Task instructions ->
When a line in the listing below contains the word "Makes", return a copy of that line.
*-*-*
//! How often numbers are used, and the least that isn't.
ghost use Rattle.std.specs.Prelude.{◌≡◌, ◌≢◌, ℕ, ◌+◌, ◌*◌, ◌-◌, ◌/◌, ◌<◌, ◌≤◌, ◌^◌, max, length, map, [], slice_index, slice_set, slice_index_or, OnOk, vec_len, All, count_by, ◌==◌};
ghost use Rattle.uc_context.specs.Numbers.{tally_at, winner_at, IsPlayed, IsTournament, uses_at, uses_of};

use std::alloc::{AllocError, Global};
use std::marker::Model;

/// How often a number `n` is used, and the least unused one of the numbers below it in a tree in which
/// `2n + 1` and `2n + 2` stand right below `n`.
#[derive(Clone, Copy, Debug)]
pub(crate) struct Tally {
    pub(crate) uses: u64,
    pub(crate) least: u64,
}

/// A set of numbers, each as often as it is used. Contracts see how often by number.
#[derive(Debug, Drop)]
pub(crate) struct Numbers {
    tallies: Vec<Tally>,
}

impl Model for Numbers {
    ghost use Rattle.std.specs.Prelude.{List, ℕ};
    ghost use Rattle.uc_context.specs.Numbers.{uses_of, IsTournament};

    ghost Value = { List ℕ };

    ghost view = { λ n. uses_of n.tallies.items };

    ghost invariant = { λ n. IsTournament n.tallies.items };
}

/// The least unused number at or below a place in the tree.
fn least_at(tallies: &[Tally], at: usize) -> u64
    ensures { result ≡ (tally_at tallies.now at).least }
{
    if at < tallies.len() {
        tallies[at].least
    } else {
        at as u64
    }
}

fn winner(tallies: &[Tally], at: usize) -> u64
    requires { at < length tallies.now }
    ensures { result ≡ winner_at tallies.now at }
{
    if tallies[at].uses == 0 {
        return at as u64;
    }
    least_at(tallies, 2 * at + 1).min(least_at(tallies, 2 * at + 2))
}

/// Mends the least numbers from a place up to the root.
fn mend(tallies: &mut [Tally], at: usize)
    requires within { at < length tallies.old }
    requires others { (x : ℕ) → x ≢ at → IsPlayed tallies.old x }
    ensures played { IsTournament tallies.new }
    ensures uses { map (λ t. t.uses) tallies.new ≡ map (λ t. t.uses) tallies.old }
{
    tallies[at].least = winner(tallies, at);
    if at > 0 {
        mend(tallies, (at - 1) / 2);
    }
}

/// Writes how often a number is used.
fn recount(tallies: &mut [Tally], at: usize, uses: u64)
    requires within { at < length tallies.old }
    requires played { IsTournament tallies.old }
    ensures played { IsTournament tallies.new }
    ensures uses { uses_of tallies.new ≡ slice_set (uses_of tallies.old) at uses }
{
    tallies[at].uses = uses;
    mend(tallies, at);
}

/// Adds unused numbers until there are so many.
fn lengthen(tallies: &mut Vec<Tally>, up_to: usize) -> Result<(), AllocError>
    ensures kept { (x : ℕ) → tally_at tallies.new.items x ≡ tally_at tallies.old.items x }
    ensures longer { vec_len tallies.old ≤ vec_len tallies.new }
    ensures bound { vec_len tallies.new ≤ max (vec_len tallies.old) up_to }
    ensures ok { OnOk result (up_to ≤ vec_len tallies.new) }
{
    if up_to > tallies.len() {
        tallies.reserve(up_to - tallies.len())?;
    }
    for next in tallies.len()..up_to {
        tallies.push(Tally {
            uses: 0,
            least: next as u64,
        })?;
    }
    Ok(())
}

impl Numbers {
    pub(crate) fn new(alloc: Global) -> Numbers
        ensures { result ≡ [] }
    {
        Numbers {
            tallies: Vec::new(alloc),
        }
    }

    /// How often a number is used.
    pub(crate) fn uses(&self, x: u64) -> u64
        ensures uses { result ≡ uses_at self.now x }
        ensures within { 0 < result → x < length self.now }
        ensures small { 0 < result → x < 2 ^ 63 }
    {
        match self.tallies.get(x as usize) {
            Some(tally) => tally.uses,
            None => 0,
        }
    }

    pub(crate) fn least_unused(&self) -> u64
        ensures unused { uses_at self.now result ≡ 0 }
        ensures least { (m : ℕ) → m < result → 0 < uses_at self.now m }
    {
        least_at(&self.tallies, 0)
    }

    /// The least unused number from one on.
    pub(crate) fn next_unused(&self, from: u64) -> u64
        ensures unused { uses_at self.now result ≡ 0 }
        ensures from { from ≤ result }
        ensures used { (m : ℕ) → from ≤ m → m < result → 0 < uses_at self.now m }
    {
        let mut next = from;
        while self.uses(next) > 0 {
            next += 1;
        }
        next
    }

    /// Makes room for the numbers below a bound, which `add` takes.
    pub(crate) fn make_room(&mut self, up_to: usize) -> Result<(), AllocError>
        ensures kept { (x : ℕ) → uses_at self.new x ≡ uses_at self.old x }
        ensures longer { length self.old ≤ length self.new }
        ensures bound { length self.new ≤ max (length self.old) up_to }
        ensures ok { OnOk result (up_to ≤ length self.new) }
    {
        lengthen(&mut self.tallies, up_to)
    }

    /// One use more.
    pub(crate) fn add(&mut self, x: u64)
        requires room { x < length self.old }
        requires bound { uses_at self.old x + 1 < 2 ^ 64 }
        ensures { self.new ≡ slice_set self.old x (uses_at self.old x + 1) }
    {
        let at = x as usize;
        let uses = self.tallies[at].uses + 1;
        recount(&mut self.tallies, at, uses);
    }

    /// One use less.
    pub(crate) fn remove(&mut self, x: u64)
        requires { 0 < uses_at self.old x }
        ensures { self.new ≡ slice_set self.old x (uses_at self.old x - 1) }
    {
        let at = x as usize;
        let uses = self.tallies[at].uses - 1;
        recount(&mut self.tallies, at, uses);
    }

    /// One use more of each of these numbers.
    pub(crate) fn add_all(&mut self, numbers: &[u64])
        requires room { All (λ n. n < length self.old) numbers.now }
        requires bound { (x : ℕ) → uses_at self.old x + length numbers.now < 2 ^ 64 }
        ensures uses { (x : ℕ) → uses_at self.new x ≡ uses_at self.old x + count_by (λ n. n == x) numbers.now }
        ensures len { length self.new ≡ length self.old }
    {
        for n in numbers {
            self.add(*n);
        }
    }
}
*-*-*
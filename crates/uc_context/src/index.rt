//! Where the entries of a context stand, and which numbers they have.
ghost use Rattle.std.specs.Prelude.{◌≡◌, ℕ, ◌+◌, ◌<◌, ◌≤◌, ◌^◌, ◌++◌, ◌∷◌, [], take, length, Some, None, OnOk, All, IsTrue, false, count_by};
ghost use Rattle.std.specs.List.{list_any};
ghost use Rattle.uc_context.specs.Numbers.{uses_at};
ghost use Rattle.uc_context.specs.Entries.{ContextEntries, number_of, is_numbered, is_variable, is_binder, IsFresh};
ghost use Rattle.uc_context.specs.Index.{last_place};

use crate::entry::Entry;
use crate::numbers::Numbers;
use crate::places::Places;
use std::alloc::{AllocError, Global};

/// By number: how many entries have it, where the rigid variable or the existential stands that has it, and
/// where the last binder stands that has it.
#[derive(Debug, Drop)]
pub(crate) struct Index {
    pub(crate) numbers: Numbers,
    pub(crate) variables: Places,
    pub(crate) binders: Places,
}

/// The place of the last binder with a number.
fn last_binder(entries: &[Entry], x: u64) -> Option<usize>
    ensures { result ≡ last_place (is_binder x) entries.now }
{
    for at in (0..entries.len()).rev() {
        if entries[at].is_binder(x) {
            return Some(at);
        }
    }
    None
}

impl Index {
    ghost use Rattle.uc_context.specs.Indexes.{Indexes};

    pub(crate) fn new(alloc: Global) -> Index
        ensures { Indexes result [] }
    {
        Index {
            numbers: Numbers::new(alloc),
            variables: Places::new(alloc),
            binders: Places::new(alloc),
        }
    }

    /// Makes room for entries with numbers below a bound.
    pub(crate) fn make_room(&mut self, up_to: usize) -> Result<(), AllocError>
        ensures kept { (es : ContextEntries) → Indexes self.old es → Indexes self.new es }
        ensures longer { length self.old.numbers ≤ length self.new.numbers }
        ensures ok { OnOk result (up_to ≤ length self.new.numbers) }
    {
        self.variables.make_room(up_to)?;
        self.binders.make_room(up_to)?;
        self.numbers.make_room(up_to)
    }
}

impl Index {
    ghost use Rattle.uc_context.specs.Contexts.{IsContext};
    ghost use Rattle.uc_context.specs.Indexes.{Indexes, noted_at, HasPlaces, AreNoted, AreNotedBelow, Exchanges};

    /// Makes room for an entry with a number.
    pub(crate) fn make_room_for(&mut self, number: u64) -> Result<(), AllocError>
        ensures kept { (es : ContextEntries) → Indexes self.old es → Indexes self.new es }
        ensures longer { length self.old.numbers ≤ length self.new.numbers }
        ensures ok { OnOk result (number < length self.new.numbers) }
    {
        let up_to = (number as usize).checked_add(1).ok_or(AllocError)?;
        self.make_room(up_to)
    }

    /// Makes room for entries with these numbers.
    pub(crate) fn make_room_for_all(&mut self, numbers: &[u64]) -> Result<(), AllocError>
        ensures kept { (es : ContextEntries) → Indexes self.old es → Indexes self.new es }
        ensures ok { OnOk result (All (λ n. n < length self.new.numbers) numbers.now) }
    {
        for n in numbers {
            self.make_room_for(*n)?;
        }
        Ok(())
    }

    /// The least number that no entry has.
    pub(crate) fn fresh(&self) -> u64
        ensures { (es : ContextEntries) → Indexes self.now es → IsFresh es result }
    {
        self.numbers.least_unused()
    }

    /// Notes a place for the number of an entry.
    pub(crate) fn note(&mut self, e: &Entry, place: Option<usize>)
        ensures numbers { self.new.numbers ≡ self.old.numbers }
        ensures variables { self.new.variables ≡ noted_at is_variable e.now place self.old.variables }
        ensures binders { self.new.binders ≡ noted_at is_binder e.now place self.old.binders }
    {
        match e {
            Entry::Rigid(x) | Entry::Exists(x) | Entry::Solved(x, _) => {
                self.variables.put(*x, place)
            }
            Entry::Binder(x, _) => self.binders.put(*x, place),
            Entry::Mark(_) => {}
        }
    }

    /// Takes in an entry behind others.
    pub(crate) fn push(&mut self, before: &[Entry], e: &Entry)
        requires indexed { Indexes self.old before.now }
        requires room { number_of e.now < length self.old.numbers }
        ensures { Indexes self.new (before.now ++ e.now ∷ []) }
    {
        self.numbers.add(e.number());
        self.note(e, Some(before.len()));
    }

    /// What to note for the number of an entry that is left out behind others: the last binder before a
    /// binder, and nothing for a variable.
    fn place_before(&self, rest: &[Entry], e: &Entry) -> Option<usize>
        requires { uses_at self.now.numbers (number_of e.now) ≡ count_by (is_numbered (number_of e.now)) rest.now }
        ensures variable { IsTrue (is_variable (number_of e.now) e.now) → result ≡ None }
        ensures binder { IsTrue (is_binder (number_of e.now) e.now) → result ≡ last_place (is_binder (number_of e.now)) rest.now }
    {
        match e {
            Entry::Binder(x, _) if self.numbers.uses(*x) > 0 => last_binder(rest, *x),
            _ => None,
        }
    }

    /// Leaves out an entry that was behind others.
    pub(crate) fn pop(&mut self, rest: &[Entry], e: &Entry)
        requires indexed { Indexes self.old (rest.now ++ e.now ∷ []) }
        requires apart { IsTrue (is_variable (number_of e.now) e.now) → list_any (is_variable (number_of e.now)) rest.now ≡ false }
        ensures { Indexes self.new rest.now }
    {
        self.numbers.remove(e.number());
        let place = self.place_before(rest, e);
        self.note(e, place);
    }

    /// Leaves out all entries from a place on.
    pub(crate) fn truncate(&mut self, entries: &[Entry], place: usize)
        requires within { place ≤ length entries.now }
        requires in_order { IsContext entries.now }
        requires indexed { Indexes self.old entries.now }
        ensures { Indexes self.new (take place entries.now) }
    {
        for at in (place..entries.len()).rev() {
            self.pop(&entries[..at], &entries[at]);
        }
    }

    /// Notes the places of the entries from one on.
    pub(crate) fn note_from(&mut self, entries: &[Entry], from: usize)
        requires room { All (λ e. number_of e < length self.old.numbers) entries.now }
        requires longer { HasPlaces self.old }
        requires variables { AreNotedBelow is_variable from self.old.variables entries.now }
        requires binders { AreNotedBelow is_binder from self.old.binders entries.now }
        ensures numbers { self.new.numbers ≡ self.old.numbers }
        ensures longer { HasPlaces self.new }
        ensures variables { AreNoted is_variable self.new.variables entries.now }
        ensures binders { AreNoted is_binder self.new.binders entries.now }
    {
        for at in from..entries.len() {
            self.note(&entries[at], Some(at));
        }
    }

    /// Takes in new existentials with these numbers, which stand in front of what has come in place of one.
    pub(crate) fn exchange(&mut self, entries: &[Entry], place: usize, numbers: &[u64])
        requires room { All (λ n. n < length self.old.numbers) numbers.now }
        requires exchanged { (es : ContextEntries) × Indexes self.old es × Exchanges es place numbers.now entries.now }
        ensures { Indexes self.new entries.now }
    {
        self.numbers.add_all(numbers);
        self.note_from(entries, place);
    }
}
*-*-*
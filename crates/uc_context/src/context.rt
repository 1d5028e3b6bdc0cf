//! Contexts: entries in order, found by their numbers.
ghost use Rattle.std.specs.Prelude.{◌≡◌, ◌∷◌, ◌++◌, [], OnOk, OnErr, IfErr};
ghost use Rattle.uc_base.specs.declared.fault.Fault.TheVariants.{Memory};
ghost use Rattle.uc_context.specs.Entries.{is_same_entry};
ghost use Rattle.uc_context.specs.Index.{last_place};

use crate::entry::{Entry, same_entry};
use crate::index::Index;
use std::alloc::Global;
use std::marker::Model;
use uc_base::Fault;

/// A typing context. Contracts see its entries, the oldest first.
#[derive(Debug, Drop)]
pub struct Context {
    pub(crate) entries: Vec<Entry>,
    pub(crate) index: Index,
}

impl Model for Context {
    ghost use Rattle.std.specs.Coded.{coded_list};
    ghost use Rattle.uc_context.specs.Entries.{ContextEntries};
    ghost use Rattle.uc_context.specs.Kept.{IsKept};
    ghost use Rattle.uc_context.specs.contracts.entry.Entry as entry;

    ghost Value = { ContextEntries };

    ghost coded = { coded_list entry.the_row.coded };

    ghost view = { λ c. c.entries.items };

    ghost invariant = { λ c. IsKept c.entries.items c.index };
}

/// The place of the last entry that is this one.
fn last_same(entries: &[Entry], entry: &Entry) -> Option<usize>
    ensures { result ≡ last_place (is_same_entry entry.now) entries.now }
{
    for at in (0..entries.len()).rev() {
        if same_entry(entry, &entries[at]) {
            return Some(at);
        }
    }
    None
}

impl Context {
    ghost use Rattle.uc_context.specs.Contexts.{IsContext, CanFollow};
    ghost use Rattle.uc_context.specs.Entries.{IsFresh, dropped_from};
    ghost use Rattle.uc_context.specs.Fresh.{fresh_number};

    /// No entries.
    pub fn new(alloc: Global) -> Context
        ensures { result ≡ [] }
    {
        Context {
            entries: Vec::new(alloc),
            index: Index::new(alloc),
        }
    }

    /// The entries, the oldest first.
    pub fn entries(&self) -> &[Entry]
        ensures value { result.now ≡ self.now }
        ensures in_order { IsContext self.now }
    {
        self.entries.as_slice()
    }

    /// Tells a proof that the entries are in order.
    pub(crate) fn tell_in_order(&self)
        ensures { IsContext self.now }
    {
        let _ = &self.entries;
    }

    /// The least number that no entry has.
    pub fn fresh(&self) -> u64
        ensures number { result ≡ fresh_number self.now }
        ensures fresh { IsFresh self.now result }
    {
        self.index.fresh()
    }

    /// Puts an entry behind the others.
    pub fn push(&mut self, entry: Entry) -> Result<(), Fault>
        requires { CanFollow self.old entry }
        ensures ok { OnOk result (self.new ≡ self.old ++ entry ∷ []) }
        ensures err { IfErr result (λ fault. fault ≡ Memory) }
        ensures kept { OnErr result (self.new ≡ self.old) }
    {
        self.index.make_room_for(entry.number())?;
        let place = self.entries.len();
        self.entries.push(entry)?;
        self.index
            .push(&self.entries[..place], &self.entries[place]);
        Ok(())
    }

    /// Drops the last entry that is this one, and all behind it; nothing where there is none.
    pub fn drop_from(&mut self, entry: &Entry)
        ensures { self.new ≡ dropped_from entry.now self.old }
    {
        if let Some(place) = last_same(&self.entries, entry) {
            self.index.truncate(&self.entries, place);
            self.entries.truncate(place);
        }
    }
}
*-*-*
Answer section ->
    /// Makes room for the numbers below a bound, which `add` takes.
    /// Makes room for entries with numbers below a bound.
    /// Makes room for an entry with a number.
    /// Makes room for entries with these numbers.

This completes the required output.